Set down the material exactly as given, please, from its first line through the line that includes "use std::marker::Model;".

START Records to process

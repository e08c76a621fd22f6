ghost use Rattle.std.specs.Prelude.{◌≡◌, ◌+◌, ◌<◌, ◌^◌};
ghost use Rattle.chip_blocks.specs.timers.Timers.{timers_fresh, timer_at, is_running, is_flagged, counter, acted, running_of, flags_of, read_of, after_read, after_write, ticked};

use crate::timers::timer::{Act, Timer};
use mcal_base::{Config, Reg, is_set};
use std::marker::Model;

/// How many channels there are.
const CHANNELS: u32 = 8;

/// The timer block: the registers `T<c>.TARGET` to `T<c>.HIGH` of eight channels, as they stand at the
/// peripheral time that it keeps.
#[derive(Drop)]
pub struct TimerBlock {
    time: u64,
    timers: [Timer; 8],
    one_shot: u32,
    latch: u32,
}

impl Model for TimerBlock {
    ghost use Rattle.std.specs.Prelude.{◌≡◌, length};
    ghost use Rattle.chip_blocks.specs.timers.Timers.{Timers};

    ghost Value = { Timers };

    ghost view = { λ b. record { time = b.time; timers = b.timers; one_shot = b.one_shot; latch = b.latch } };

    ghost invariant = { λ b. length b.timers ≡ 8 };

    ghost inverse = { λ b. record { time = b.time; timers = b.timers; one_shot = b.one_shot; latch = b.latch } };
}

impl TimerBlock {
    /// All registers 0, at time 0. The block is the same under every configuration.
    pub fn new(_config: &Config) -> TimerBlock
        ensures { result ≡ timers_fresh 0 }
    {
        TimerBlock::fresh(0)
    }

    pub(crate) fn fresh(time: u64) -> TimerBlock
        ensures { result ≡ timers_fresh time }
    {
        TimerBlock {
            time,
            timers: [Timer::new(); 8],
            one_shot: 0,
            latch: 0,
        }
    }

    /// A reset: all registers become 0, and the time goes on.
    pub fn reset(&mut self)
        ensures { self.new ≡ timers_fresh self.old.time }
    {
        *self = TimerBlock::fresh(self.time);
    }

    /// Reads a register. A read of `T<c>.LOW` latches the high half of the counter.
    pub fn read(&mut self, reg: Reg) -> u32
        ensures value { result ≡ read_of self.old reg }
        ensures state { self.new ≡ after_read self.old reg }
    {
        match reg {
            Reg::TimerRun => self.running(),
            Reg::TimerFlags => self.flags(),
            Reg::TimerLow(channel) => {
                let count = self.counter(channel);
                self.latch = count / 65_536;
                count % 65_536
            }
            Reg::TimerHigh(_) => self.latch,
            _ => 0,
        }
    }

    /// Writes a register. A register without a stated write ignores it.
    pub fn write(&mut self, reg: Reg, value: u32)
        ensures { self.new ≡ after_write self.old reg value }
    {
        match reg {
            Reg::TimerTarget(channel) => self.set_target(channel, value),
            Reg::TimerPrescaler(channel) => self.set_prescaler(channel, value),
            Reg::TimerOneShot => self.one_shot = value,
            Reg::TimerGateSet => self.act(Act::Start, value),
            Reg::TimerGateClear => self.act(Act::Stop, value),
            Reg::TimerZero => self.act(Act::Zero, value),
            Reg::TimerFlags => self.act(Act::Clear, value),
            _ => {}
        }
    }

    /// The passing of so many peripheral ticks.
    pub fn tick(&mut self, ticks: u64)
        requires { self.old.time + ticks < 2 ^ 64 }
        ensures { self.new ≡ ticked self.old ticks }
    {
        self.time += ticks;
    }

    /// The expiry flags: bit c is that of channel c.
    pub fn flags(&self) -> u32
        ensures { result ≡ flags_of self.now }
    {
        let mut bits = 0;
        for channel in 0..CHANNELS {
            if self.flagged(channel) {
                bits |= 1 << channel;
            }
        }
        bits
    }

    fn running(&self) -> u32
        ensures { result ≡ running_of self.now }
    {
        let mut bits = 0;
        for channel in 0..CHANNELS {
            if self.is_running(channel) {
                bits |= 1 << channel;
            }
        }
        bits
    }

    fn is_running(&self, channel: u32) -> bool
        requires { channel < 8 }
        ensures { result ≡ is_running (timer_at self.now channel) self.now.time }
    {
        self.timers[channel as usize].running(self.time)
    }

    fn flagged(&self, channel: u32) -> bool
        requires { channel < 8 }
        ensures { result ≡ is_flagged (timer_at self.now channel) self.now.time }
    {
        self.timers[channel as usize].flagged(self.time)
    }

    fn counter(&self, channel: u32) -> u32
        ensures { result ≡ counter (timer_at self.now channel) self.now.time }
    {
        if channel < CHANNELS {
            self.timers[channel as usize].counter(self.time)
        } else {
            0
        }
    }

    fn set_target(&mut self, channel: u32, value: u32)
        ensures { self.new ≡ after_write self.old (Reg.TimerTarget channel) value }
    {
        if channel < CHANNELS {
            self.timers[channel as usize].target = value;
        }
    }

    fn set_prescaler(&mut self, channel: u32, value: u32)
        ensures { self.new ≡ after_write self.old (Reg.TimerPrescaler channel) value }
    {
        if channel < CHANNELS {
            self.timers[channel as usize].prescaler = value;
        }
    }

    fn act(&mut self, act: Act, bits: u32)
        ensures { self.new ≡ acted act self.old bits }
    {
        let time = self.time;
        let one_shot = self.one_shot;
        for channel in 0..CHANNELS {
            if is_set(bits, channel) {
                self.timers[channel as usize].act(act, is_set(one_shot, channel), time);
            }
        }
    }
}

END Records to process

Completed exercise>
repository e08c76a621fd22f6
ghost use Rattle.std.specs.Prelude.{◌≡◌, ◌+◌, ◌<◌, ◌^◌};
ghost use Rattle.chip_blocks.specs.timers.Timers.{timers_fresh, timer_at, is_running, is_flagged, counter, acted, running_of, flags_of, read_of, after_read, after_write, ticked};

use crate::timers::timer::{Act, Timer};
use mcal_base::{Config, Reg, is_set};
use std::marker::Model;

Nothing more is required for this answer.